◆ What you will do
From the entries that follow, extract each line holding the string "length".

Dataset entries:
···
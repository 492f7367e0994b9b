//! Packages and imports, modifiers and what a method throws.

ghost use Rattle.std.specs.Prelude.{◌≡◌, ◌<◌, [], length, IfSome};
ghost use Rattle.jr_lexer.specs.Answers.{Answers as Reads};
ghost use Rattle.jr_lexer.specs.Reading.{jml_at, kind_at};
ghost use Rattle.jr_unit_parser.specs.Grammar as grammar;
ghost use Rattle.jr_unit_parser.specs.Steps as steps;

use crate::reader::UnitReader;
use crate::words::{begins_import, is_part, modifier_of};
use jr_ast::{Modifier, ModifierKind};
use jr_base::Fail;
use jr_lexer::Kind;
use sqlite_items::Items;

impl<'a> UnitReader<'a> {
    /// What follows the first name of a package or an import, up to its `;`.
    #[tactic(auto, using(jr_reading::proofs::Turns::turn_left, jr_reading::proofs::Turns::no_turn_left), unfolding(crate::specs::Steps::dotted))]
    fn dotted(&self, at: u32) -> Result<u32, Fail>
        ensures { Reads (steps.dotted self.now.tokens.now (length self.now.tokens.now) at) result }
    {
        let mut at = at;
        for _turn in 0..self.tokens.len() {
            if !self.sees(at, Kind::Dot) {
                return Ok(at);
            }
            if !is_part(self.seen(at + 1)) {
                return Err(Fail::Refused(self.refusal(at + 1)));
            }
            at += 2;
        }
        Ok(at)
    }

    /// A package or an import from its keyword on (JLS 7.4, 7.5).
    #[tactic(auto, unfolding(crate::specs::Steps::import_at))]
    fn import(&self, at: u32) -> Result<u32, Fail>
        requires { at < 1048576 }
        ensures { Reads (steps.import_at self.now.tokens.now at) result }
    {
        self.expect(at + 1, Kind::Name)?;
        let end = self.dotted(at + 2)?;
        self.expect(end, Kind::Semicolon)?;
        Ok(end + 1)
    }

    /// The packages and imports at the front, and the index behind them.
    #[tactic(auto, using(jr_reading::proofs::Turns::turn_left, jr_reading::proofs::Turns::no_turn_left), unfolding(crate::specs::Steps::imports))]
    pub fn imports(&self) -> Result<u32, Fail>
        ensures { Reads (steps.imports self.now.tokens.now (length self.now.tokens.now) 0) result }
    {
        let mut at = 0;
        for _turn in 0..self.tokens.len() {
            if !begins_import(self.seen(at)) {
                return Ok(at);
            }
            at = self.import(at)?;
        }
        Ok(at)
    }

    /// `@ Name`, and the index behind it.
    #[tactic(auto, unfolding(crate::specs::Steps::mark))]
    fn mark(&self, at: u32) -> Option<(Modifier, u32)>
        ensures { result ≡ steps.mark self.now.tokens.now at }
    {
        if !self.sees(at, Kind::At) || !self.sees(at + 1, Kind::Name) {
            return None;
        }
        let place = self.tokens.span(at);
        let kind = ModifierKind::Mark;
        Some((Modifier { place, kind }, at + 2))
    }

    /// The modifier at an index, and the index behind it.
    #[tactic(auto, unfolding(crate::specs::Steps::one_modifier))]
    fn modifier(&self, at: u32) -> Option<(Modifier, u32)>
        ensures { result ≡ steps.one_modifier self.now.tokens.now at }
    {
        match self.word(at) {
            Some(kind) => {
                let place = self.tokens.span(at);
                Some((Modifier { place, kind }, at + 1))
            }
            None => self.mark(at),
        }
    }

    /// The modifier of one word.
    #[tactic(auto, using(crate::proofs::Past::no_word_behind))]
    fn word(&self, at: u32) -> Option<ModifierKind>
        ensures value { result ≡ grammar.modifier_of (jml_at self.now.tokens.now at) (kind_at self.now.tokens.now at) }
        ensures within { IfSome result (λ _. at < 1048576) }
    {
        if at >= self.tokens.len() {
            return None;
        }
        modifier_of(self.tokens.is_jml(at), self.tokens.kind(at))
    }

    /// The modifiers at an index, and the index behind them.
    #[tactic(auto, using(jr_reading::proofs::Turns::turn_left, jr_reading::proofs::Turns::no_turn_left), unfolding(crate::specs::Steps::modifiers))]
    pub fn modifiers(&self, at: u32) -> Result<(Items<Modifier>, u32), Fail>
        ensures { Reads (steps.modifiers self.now.tokens.now (length self.now.tokens.now) [] at) result }
    {
        let mut found = Items::new(self.alloc);
        let mut at = at;
        for _turn in 0..self.tokens.len() {
            let Some((modifier, behind)) = self.modifier(at) else {
                return Ok((found, at));
            };
            found.push(modifier)?;
            at = behind;
        }
        Ok((found, at))
    }

    /// The names behind `throws`, with commas between, and the index behind them.
    #[tactic(auto, using(jr_reading::proofs::Turns::turn_left, jr_reading::proofs::Turns::no_turn_left), unfolding(crate::specs::Steps::names))]
    fn names(&self, at: u32) -> Result<u32, Fail>
        ensures { Reads (steps.names self.now.tokens.now (length self.now.tokens.now) at) result }
    {
        let mut at = at;
        for _turn in 0..self.tokens.len() {
            self.expect(at, Kind::Name)?;
            let behind = at + 1;
            if !self.sees(behind, Kind::Comma) {
                return Ok(behind);
            }
            at = behind + 1;
        }
        Err(Fail::Refused(self.refusal(at)))
    }

    /// What a method throws, which leaves nothing (JLS 8.4.4), and the index behind it.
    #[tactic(auto, unfolding(crate::specs::Steps::throws))]
    pub fn throws(&self, at: u32) -> Result<u32, Fail>
        ensures { Reads (steps.throws self.now.tokens.now at) result }
    {
        if self.sees(at, Kind::Throws) {
            self.names(at + 1)
        } else {
            Ok(at)
        }
    }
}
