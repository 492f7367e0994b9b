//! What a source is read from.

ghost use Rattle.std.specs.Prelude.{◌≡◌, false, true, IsTrue, IfOk};
ghost use Rattle.jr_lexer.specs.Answers.{Answers as Reads};
ghost use Rattle.jr_reading.specs.Seen as spec;
ghost use Rattle.jr_reading.specs.Steps as common;
ghost use Rattle.jr_reading.specs.Within.{Within};

use jr_ast::{Name, TypeName};
use jr_base::{Fail, Memory, Refusal};
use jr_lexer::{Kind, Tokens};
use jr_reading::View;
use std::alloc::Global;

/// The tokens of a source, of which those of code are read but where annotations are named.
#[derive(Clone, Copy)]
pub struct UnitReader<'a> {
    pub alloc: Global,
    pub tokens: &'a Tokens,
}

impl<'a> UnitReader<'a> {
    /// The kind of the token of an annotation at an index, `End` where none stands there.
    pub fn seen_in_annotation(&self, at: u32) -> Kind
        ensures { result ≡ spec.seen true self.now.tokens.now at }
    {
        let view = View {
            tokens: self.tokens,
            jml: true,
        };
        view.seen(at)
    }

    /// The kind of the token of code at an index, `End` where none stands there.
    pub fn seen(&self, at: u32) -> Kind
        ensures value { result ≡ spec.seen false self.now.tokens.now at }
        ensures within { Within result at }
    {
        let view = View {
            tokens: self.tokens,
            jml: false,
        };
        view.seen(at)
    }

    /// Whether a token of code of the kind stands at an index.
    pub fn sees(&self, at: u32, kind: Kind) -> bool
        ensures value { result ≡ common.sees false self.now.tokens.now at kind }
        ensures within { IsTrue result → Within kind at }
    {
        let view = View {
            tokens: self.tokens,
            jml: false,
        };
        view.sees(at, kind)
    }

    /// The name at an index.
    pub fn name(&self, at: u32) -> Result<Name, Memory>
        ensures { IfOk result (λ name. name ≡ spec.name_at self.now.tokens.now at) }
    {
        let view = View {
            tokens: self.tokens,
            jml: false,
        };
        view.name(self.alloc, at)
    }

    /// A type (JLS 4.1, 10.1), and the index behind it.
    pub fn type_name(&self, at: u32) -> Result<(TypeName, u32), Fail>
        ensures { Reads (common.type_name false self.now.tokens.now at) result }
    {
        let view = View {
            tokens: self.tokens,
            jml: false,
        };
        view.type_name(self.alloc, at)
    }

    /// Why nothing is read that goes on with the token at an index.
    pub fn refusal(&self, at: u32) -> Refusal
        ensures { result ≡ common.refusal_at self.now.tokens.now at }
    {
        let view = View {
            tokens: self.tokens,
            jml: false,
        };
        view.refusal(at)
    }

    /// A token of code of that kind, or the refusal of the one that stands there.
    pub fn expect(&self, at: u32, kind: Kind) -> Result<(), Fail>
        ensures value { Reads (common.expect false self.now.tokens.now at kind) result }
        ensures within { IfOk result (λ _. Within kind at) }
    {
        let view = View {
            tokens: self.tokens,
            jml: false,
        };
        view.expect(at, kind)
    }
}
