//! Tables of words.

ghost use Rattle.std.specs.Prelude.{◌≡◌};
ghost use Rattle.jr_unit_parser.specs.Grammar as grammar;
ghost use Rattle.jr_unit_parser.specs.Steps as steps;

use jr_ast::ModifierKind;
use jr_lexer::Kind;

/// The modifier of one word: of Java, or of JML in an annotation.
pub fn modifier_of(jml: bool, kind: Kind) -> Option<ModifierKind>
    ensures { result ≡ grammar.modifier_of jml kind }
{
    match kind {
        Kind::Public if !jml => Some(ModifierKind::Public),
        Kind::Private if !jml => Some(ModifierKind::Private),
        Kind::Protected if !jml => Some(ModifierKind::Protected),
        Kind::Static if !jml => Some(ModifierKind::Static),
        Kind::Final if !jml => Some(ModifierKind::Final),
        Kind::Synchronized if !jml => Some(ModifierKind::Synchronized),
        Kind::Volatile if !jml => Some(ModifierKind::Volatile),
        Kind::Pure if jml => Some(ModifierKind::Pure),
        Kind::Helper if jml => Some(ModifierKind::Helper),
        Kind::Atomic if jml => Some(ModifierKind::Atomic),
        Kind::Nullable if jml => Some(ModifierKind::Nullable),
        Kind::NonNull if jml => Some(ModifierKind::NonNull),
        Kind::SpecPublic if jml => Some(ModifierKind::SpecPublic),
        Kind::SpecProtected if jml => Some(ModifierKind::SpecProtected),
        Kind::SpecSafeMath if jml => Some(ModifierKind::SpecSafeMath),
        Kind::SpecJavaMath if jml => Some(ModifierKind::SpecJavaMath),
        _ => None,
    }
}

/// Whether a word begins a package or an import.
pub fn begins_import(kind: Kind) -> bool
    ensures { result ≡ grammar.begins_import kind }
{
    matches!(kind, Kind::Package | Kind::Import)
}

/// Whether a token stands behind a dot of a package or an import.
pub fn is_part(kind: Kind) -> bool
    ensures { result ≡ grammar.is_part kind }
{
    matches!(kind, Kind::Name | Kind::Star)
}

/// Whether a word of an annotation begins a clause of a method or constructor.
pub fn begins_method_clause(kind: Kind) -> bool
    ensures { result ≡ steps.begins_method_clause kind }
{
    matches!(
        kind,
        Kind::Requires
            | Kind::Ensures
            | Kind::When
            | Kind::Locks
            | Kind::Assignable
            | Kind::Modifies
    )
}

/// Whether a word of an annotation begins a clause of a class.
pub fn begins_class_clause(kind: Kind) -> bool
    ensures { result ≡ steps.begins_class_clause kind }
{
    matches!(
        kind,
        Kind::Public
            | Kind::Private
            | Kind::Protected
            | Kind::Static
            | Kind::Invariant
            | Kind::Constraint
            | Kind::MonitorsFor
    )
}
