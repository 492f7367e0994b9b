//! The members of a class (JLS 8.1.6).

ghost use Rattle.std.specs.Prelude.{◌≡◌, ◌<◌, map, true, All, IsTrue, IfOk};
ghost use Rattle.jr_ast.specs.Clauses.{view_method_clause};
ghost use Rattle.jr_ast.specs.Units.{view_member, view_method};
ghost use Rattle.jr_reading.specs.Seen.{seen};
ghost use Rattle.jr_jml_parser.specs.Grammar.{SpellsMethod};
ghost use Rattle.jr_unit_parser.specs.Begins.{BodyBegins, MemberBegins};
ghost use Rattle.jr_unit_parser.specs.Finds.{Finds, AllOf, BodyAt, ShallowBody};
ghost use Rattle.jr_unit_parser.specs.Grammar.{MemberAt};
ghost use Rattle.jr_unit_parser.specs.Nesting.{ShallowClause, ShallowMember};
ghost use Rattle.jr_unit_parser.specs.Plain.{IsPlain};
ghost use Rattle.jr_unit_parser.specs.Steps as steps;

use crate::head::{Declared, Signature};
use crate::reader::UnitReader;
use crate::words::{begins_class_clause, begins_method_clause};
use jr_ast::{Member, Method, MethodClause};
use jr_base::Fail;
use jr_jml_parser::{parse_class_clause, parse_method_clause};
use jr_lexer::Kind;
use jr_stmt_parser::parse_block;
use sqlite_items::Items;

impl<'a> UnitReader<'a> {
    /// Whether a clause of a method or constructor begins there.
    #[tactic(auto, unfolding(crate::specs::Steps::clause_begins))]
    fn clause_begins(&self, at: u32) -> bool
        ensures { result ≡ steps.clause_begins self.now.tokens.now at }
    {
        begins_method_clause(self.seen_in_annotation(at))
    }

    /// The clauses before a method or constructor (JML Reference Manual, "Method Specifications"), and the
    /// index behind them.
    fn clauses(&self, first: u32) -> Result<(Items<MethodClause>, u32), Fail>
        ensures { Finds self.now.tokens.now (map view_method_clause) (AllOf (SpellsMethod self.now.tokens.now) (steps.clause_begins self.now.tokens.now)) (All ShallowClause) first result }
    {
        let mut found = Items::new(self.alloc);
        let mut at = first;
        while self.clause_begins(at) {
            let (clause, behind) = parse_method_clause(self.alloc, self.tokens, at, 0)?;
            found.push(clause)?;
            at = behind;
        }
        Ok((found, at))
    }

    /// A method or constructor from its block on, and the index behind it. The first token is that of the
    /// clauses, the modifiers or what follows them.
    fn method(
        &self,
        first: u32,
        clauses: Items<MethodClause>,
        signature: Signature,
        at: u32,
    ) -> Result<(Method, u32), Fail>
        requires { BodyBegins self.now.tokens.now at }
        ensures { Finds self.now.tokens.now view_method (BodyAt self.now.tokens.now first (map view_method_clause clauses) signature) ShallowBody at result }
    {
        let (body, end) = parse_block(self.alloc, self.tokens, at, 0)?;
        let Signature {
            modifiers,
            kind,
            name,
            formals,
        } = signature;
        let place = self.tokens.span(first);
        let method = Method {
            place,
            clauses,
            modifiers,
            kind,
            name,
            formals,
            body,
        };
        Ok((method, end))
    }

    /// A field, a method or a constructor, and the index behind it.
    fn declaration(&self, first: u32) -> Result<(Member, u32), Fail>
        requires plain { IsPlain self.now.tokens.now first }
        requires begins { MemberBegins self.now.tokens.now first }
        ensures { Finds self.now.tokens.now view_member (MemberAt self.now.tokens.now) ShallowMember first result }
    {
        let (clauses, at) = self.clauses(first)?;
        let (declared, at) = self.declared(at)?;
        match declared {
            Declared::Field(field) => {
                if !clauses.is_empty() {
                    return Err(Fail::Refused(self.refusal(first)));
                }
                Ok((Member::Field(field), at))
            }
            Declared::Routine(signature) => {
                let (method, end) = self.method(first, clauses, signature, at)?;
                Ok((Member::Method(method), end))
            }
        }
    }

    /// A clause of a class, and the index behind it.
    fn class_clause(&self, at: u32) -> Result<(Member, u32), Fail>
        requires { IsTrue (steps.begins_class_clause (seen true self.now.tokens.now at)) }
        ensures { Finds self.now.tokens.now view_member (MemberAt self.now.tokens.now) ShallowMember at result }
    {
        let (clause, end) = parse_class_clause(self.alloc, self.tokens, at, 0)?;
        Ok((Member::Clause(clause), end))
    }

    /// A member, and the index behind it.
    fn member(&self, at: u32) -> Result<(Member, u32), Fail>
        requires { MemberBegins self.now.tokens.now at }
        ensures { Finds self.now.tokens.now view_member (MemberAt self.now.tokens.now) ShallowMember at result }
    {
        if self.sees(at, Kind::Semicolon) {
            return Ok((Member::Empty, at + 1));
        }
        if begins_class_clause(self.seen_in_annotation(at)) {
            return self.class_clause(at);
        }
        self.declaration(at)
    }

    /// The members of a class, and the index of the brace behind them.
    pub fn members(&self, first: u32) -> Result<(Items<Member>, u32), Fail>
        requires { MemberBegins self.now.tokens.now first }
        ensures found { Finds self.now.tokens.now (map view_member) (AllOf (MemberAt self.now.tokens.now) (steps.member_begins self.now.tokens.now)) (All ShallowMember) first result }
        ensures within { IfOk result (λ r. r.1 < 1048576) }
    {
        let mut found = Items::new(self.alloc);
        let mut at = first;
        while !self.sees(at, Kind::CloseBrace) {
            let (member, behind) = self.member(at)?;
            found.push(member)?;
            at = behind;
        }
        Ok((found, at))
    }
}
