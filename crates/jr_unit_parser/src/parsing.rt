//! Sources.

ghost use Rattle.jr_unit_parser.specs.Answers.{Answers, OneUnit};

use crate::reader::UnitReader;
use jr_ast::Unit;
use jr_base::Fail;
use jr_lexer::Tokens;
use std::alloc::Global;

/// The classes of a source (JLS 7.3). Packages, imports and `throws` are read, and leave nothing. `TooDeep` is
/// the refusal of a source that is refused for its nesting alone; `BigLiteral` names the big literal of a type
/// without its `-`, `NotInProfile` a word of a form that is left out, and `Syntax` the token that doesn't go on.
pub fn parse(alloc: Global, tokens: &Tokens) -> Result<Unit, Fail>
    ensures { Answers tokens.now result }
{
    let reader = UnitReader { alloc, tokens };
    let first = reader.imports()?;
    let (classes, _) = reader.classes(first)?;
    Ok(Unit { classes })
}

/// Tokens spell one unit at most.
#[tactic(auto, using(crate::proofs::OfUnits::one_unit))]
pub fn one_unit(tokens: &Tokens)
    ensures { OneUnit tokens.now }
{}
···
◆ Result for this task
ghost use Rattle.std.specs.Prelude.{◌≡◌, ◌<◌, [], length, IfSome};
        ensures { Reads (steps.dotted self.now.tokens.now (length self.now.tokens.now) at) result }
        ensures { Reads (steps.imports self.now.tokens.now (length self.now.tokens.now) 0) result }
        ensures { Reads (steps.modifiers self.now.tokens.now (length self.now.tokens.now) [] at) result }
        ensures { Reads (steps.names self.now.tokens.now (length self.now.tokens.now) at) result }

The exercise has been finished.